Without mandated production cuts, Sheffield said several small- and medium-sized producers could be in jeopardy, since they currently face challenges in getting their product to market.

“The pipeline companies won’t let them move their oil to the Gulf Coast,” he said. “They’re going to have to shut in about 100% of their production for maybe up to two or three months. And those companies really can’t afford it. So, there’s an unfairness going on if the commission doesn’t pro-rate. Because it will be the majors, it will be the Pioneers of the world—we can get our oil down to the Gulf Coast—but the small and medium producers will be the first ones to cut back. That could put hundreds of them into bankruptcies for that reason.”

According to IHS Markit, the monthly global oil supply surplus ranges between 4 MMbbl/d and 10 MMbbl/d. That surplus pressed oil prices down to $20/bbl in late March, down from 65% from Jan. 1, when WTI traded for $61/bbl.

“If we keep the cuts going forward until the demand starts coming back then it will reduce the high inventory build that the world is building at this point,” Sheffield said. “If it starts reducing inventories, then the market will respond positively with a little bit higher oil price.”

With most of the world’s population restricted in its movements, Sheffield doesn’t expect energy demand to significantly return any time soon, even after restrictions are lifted.

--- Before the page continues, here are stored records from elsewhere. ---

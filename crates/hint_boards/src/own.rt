//! The parts of a design in its own rectangle.
use crate::board::{Plan, aside};
use bt_parts::{Cell, Kind, Part, Rect, Tier};
use std::alloc::{AllocError, Global};

/// The parts of a design in their least rectangle, whose splitters are numbered in their order.
#[derive(Drop)]
pub struct Own {
    pub rect: Rect,
    pub tier: Tier,
    pub plan: Plan,
}

/// From which column and row to which others parts reach.
#[derive(Clone, Copy)]
struct Reach {
    least: Cell,
    greatest: Cell,
}

impl Reach {
    /// The reach with a cell more.
    fn with(self, cell: Cell) -> Reach {
        Reach {
            least: Cell {
                x: self.least.x.min(cell.x),
                y: self.least.y.min(cell.y),
            },
            greatest: Cell {
                x: self.greatest.x.max(cell.x),
                y: self.greatest.y.max(cell.y),
            },
        }
    }

    /// The least rectangle that holds all that is reached.
    fn rect(self) -> Rect {
        Rect {
            width: self.least.x.abs_diff(self.greatest.x).saturating_add(1),
            height: self.least.y.abs_diff(self.greatest.y).saturating_add(1),
        }
    }

    /// A part whose cell is told from the least column and row.
    fn moved(self, part: Part) -> Part {
        let cell = Cell {
            x: part.cell.x.wrapping_sub(self.least.x),
            y: part.cell.y.wrapping_sub(self.least.y),
        };
        Part { cell, ..part }
    }
}

/// From where to where the parts reach; nothing where there are none.
fn reach_of(parts: &[Part]) -> Option<Reach> {
    let first = parts.first()?;
    let mut reach = Reach {
        least: first.cell,
        greatest: first.cell,
    };
    for part in parts {
        reach = reach.with(part.cell);
        if part.kind == Kind::Splitter {
            reach = reach.with(part.cell.next(aside(part.dir)));
        }
    }
    Some(reach)
}

/// Whether all parts have this tier.
fn are_of(parts: &[Part], tier: Tier) -> bool {
    for part in parts {
        if part.tier != tier {
            return false;
        }
    }
    true
}

/// The parts in their least rectangle; none where there are no parts, one isn't of this tier, or the rectangle has more
/// than `most` cells.
pub fn own_of(
    alloc: Global,
    parts: &[Part],
    tier: Tier,
    most: u64,
) -> Result<Option<Own>, AllocError> {
    let Some(reach) = reach_of(parts) else {
        return Ok(None);
    };
    let rect = reach.rect();
    let cells = u64::from(rect.width).saturating_mul(u64::from(rect.height));
    if cells > most || !are_of(parts, tier) {
        return Ok(None);
    }
    let mut plan = Plan {
        splitters: Vec::new(alloc),
        others: Vec::new(alloc),
    };
    for part in parts {
        let part_there = reach.moved(*part);
        if part.kind == Kind::Splitter {
            let number = plan.splitters.len();
            plan.splitters.push((number, part_there))?;
        } else {
            plan.others.push(part_there)?;
        }
    }
    Ok(Some(Own { rect, tier, plan }))
}
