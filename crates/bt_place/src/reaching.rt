//! The cells that something comes to, found by marking what each start leads to: what is left unmarked
//! holds nothing, or a part of a closed ring.
//!
//! Each cell is marked once, so that this takes no more steps than there are cells.
ghost use Rattle.std.specs.Prelude.{◌≡◌, ◌↔◌, ◌<◌, ◌≤◌, ◌+◌, IsTrue, IfOk};
ghost use Rattle.bt_facts.specs.declared.fact.Shape.TheVariants as shapes;
ghost use Rattle.bt_rules.specs.Underground.{most_distance};
ghost use Rattle.bt_place.specs.inner.Grid.{spots_in};
ghost use Rattle.bt_place.specs.inner.Told.{IsSolved};
ghost use Rattle.bt_place.specs.inner.Reaching.{Reached, cell_in, IsStart, TellsHanded, TellsPaired, TellsExit, TellsNext};
ghost use Rattle.bt_place.specs.inner.Reaching.{IsMarked, AreMarks, Keeps, HasStarts};

use crate::grid::{ahead, cell_of, spots};
use crate::reading::Reading;
use bt_facts::{Content, Fact, Shape};
use bt_parts::Dir;
use std::alloc::{AllocError, Global};

/// Whether a half stands on the cell with this number, or an input begins there.
fn starts(reading: &Reading, i: usize) -> bool
    requires { i < spots_in reading.now.request.rect }
    ensures { IsTrue result ↔ IsStart reading.now (cell_in reading.now i) }
{
    let cell = cell_of(reading.rect(), i);
    reading.says(Fact::Begins(cell)) || reading.says(Fact::HalfOn(cell))
}

/// The number of the cell to which what stands on this one, so turned, hands; none where it hands to none inside.
fn handed(reading: &Reading, i: usize, dir: Dir) -> Option<usize>
    requires solved { IsSolved reading.now }
    requires within { i < spots_in reading.now.request.rect }
    ensures { TellsHanded reading.now i dir result }
{
    let rect = reading.rect();
    if !reading.says(Fact::Goes(cell_of(rect, i), dir)) {
        return None;
    }
    ahead(rect, i, dir, 1)
}

/// The number of the cell at this distance ahead, where the entrance on this one pairs with an exit there; else none.
fn paired(reading: &Reading, i: usize, dir: Dir, distance: u32) -> Option<usize>
    requires within { i < spots_in reading.now.request.rect }
    requires some { 1 ≤ distance }
    requires few { distance ≤ most_distance reading.now.request }
    requires near { distance ≤ 11 }
    ensures { TellsPaired reading.now i dir distance result }
{
    let rect = reading.rect();
    let Some(there) = ahead(rect, i, dir, distance) else {
        return None;
    };
    if reading.says(Fact::Pair(cell_of(rect, i), dir, distance as usize)) {
        Some(there)
    } else {
        None
    }
}

/// The number of the cell of the exit with which the entrance on this one pairs; none where it pairs with none.
fn exit_of(reading: &Reading, i: usize, dir: Dir) -> Option<usize>
    requires { i < spots_in reading.now.request.rect }
    ensures { TellsExit reading.now i dir result }
{
    let most = reading.most_distance();
    for distance in 1..most + 1 {
        if let Some(there) = paired(reading, i, dir, distance) {
            return Some(there);
        }
    }
    None
}

/// Whether the shape is that of an entrance.
fn is_entrance(shape: Shape) -> bool
    ensures { IsTrue result ↔ (shape ≡ shapes.Entrance) }
{
    matches!(shape, Shape::Entrance)
}

/// The number of the cell to which what comes to this one goes; none where this one is empty, or it goes to none
/// inside.
fn next(reading: &Reading, i: usize) -> Option<usize>
    requires solved { IsSolved reading.now }
    requires within { i < spots_in reading.now.request.rect }
    ensures { TellsNext reading.now i result }
{
    let Content::Turned(shape, dir) = reading.content(i) else {
        return None;
    };
    if is_entrance(shape) {
        exit_of(reading, i, dir)
    } else {
        handed(reading, i, dir)
    }
}

/// Marks this cell and those to which what comes to it goes, one after another, up to one that is marked already.
fn mark_from(reading: &Reading, marks: &mut Vec<bool>, start: usize)
    requires solved { IsSolved reading.now }
    requires marks { AreMarks reading.now marks.old.items }
    requires within { start < spots_in reading.now.request.rect }
    requires reached { Reached reading.now (cell_in reading.now start) }
    ensures marks { AreMarks reading.now marks.new.items }
    ensures keeps { Keeps marks.old.items marks.new.items }
    ensures start { IsMarked marks.new.items start }
{
    let mut i = start;
    while !marks[i] {
        marks[i] = true;
        let Some(j) = next(reading, i) else {
            return;
        };
        i = j;
    }
}

/// For each cell, by its number, whether it is reached: a half stands there, an input begins there, or something comes
/// to it from such a cell.
pub(crate) fn reached(alloc: Global, reading: &Reading) -> Result<Vec<bool>, AllocError>
    requires { IsSolved reading.now }
    ensures marks { IfOk result (λ marks. AreMarks reading.now marks.items) }
    ensures starts { IfOk result (λ marks.
        HasStarts reading.now marks.items (spots_in reading.now.request.rect)) }
{
    let count = spots(reading.rect());
    let mut marks = vec![in alloc; false; count]?;
    for i in 0..count {
        if starts(reading, i) {
            mark_from(reading, &mut marks, i);
        }
    }
    Ok(marks)
}
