//! More clauses than a request's formula has, for a search that looks for models alone.
//! No answer rests on them, so they are drawn up over any cells, and those of facts that have no variable are left
//! out here: no bound has to be shown.
ghost use Rattle.std.specs.Prelude.{◌≡◌, ◌<◌, length, IfSome, OnOk};
ghost use Rattle.bt_cnf.specs.Formulas.{LitsBelow};
ghost use Rattle.bt_place.specs.Narrowed.{IsNarrowed};

use crate::numbering::Numbers;
use bt_arena::Pool;
use bt_cnf::{Formula, Lit};
use bt_facts::{Draft, Drafted, Fact, RuleFact};
use std::alloc::{AllocError, Global};

/// The literal that is true where a fact holds, or where it doesn't. None where the fact has no variable.
pub fn literal_of(formula: &Formula, numbers: &Numbers, fact: Fact, holds: bool) -> Option<Lit>
    ensures { IfSome result (λ lit. lit.var < formula.now.vars) }
{
    let Some(number) = numbers.find(fact) else {
        return None;
    };
    let Some(var) = formula.var_at(number) else {
        return None;
    };
    Some(Lit {
        var,
        positive: holds,
    })
}

/// Replaces the list by the literals of a rule. Whether each of the rule's facts has a variable: else literals are
/// lacking.
fn set_literals(
    lits: &mut Vec<Lit>,
    formula: &Formula,
    numbers: &Numbers,
    claims: &[RuleFact],
) -> Result<bool, AllocError>
    ensures { OnOk result (LitsBelow formula.now.vars lits.new.items) }
{
    lits.clear();
    for claim in claims {
        match literal_of(formula, numbers, claim.fact, claim.follows) {
            Some(lit) => lits.push(lit)?,
            None => return Ok(false),
        }
    }
    Ok(true)
}

/// Adds the clause of the rule at a place; nothing where some fact of the rule has no variable.
fn narrow_at(
    lits: &mut Vec<Lit>,
    formula: &mut Formula,
    numbers: &Numbers,
    rules: &Pool<RuleFact, Drafted>,
    place: usize,
) -> Result<(), AllocError>
    requires { place < length rules.now }
    ensures { OnOk result (IsNarrowed formula.old formula.new) }
{
    let Some(id) = rules.id_at(place) else {
        return Ok(());
    };
    if set_literals(lits, formula, numbers, rules.slice(id))? {
        formula.add_clause(lits)?;
    }
    Ok(())
}

/// Adds clauses of the rules, so that what meets the formula then met it before. Those that speak of what the request
/// doesn't have are left out.
pub fn narrow(
    alloc: Global,
    formula: &mut Formula,
    numbers: &Numbers,
    draft: &Draft,
) -> Result<(), AllocError>
    ensures { OnOk result (IsNarrowed formula.old formula.new) }
{
    let mut lits = Vec::new(alloc);
    let rules = draft.rules();
    for place in 0..rules.len() {
        narrow_at(&mut lits, formula, numbers, rules, place)?;
    }
    Ok(())
}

“I don’t think demand is going to come back very fast,” he said. “I’m pessimistic on demand coming back. I don’t think people are going to start driving and flying again. I think people will definitely want to get out of their house when this is over. They may drive some, but they’re not going to fly all over the world. I think most countries are going to have to clamp down on their borders continuously until we get a vaccine. I’m not real optimistic on demand coming back strong for at least a year, year and a half.”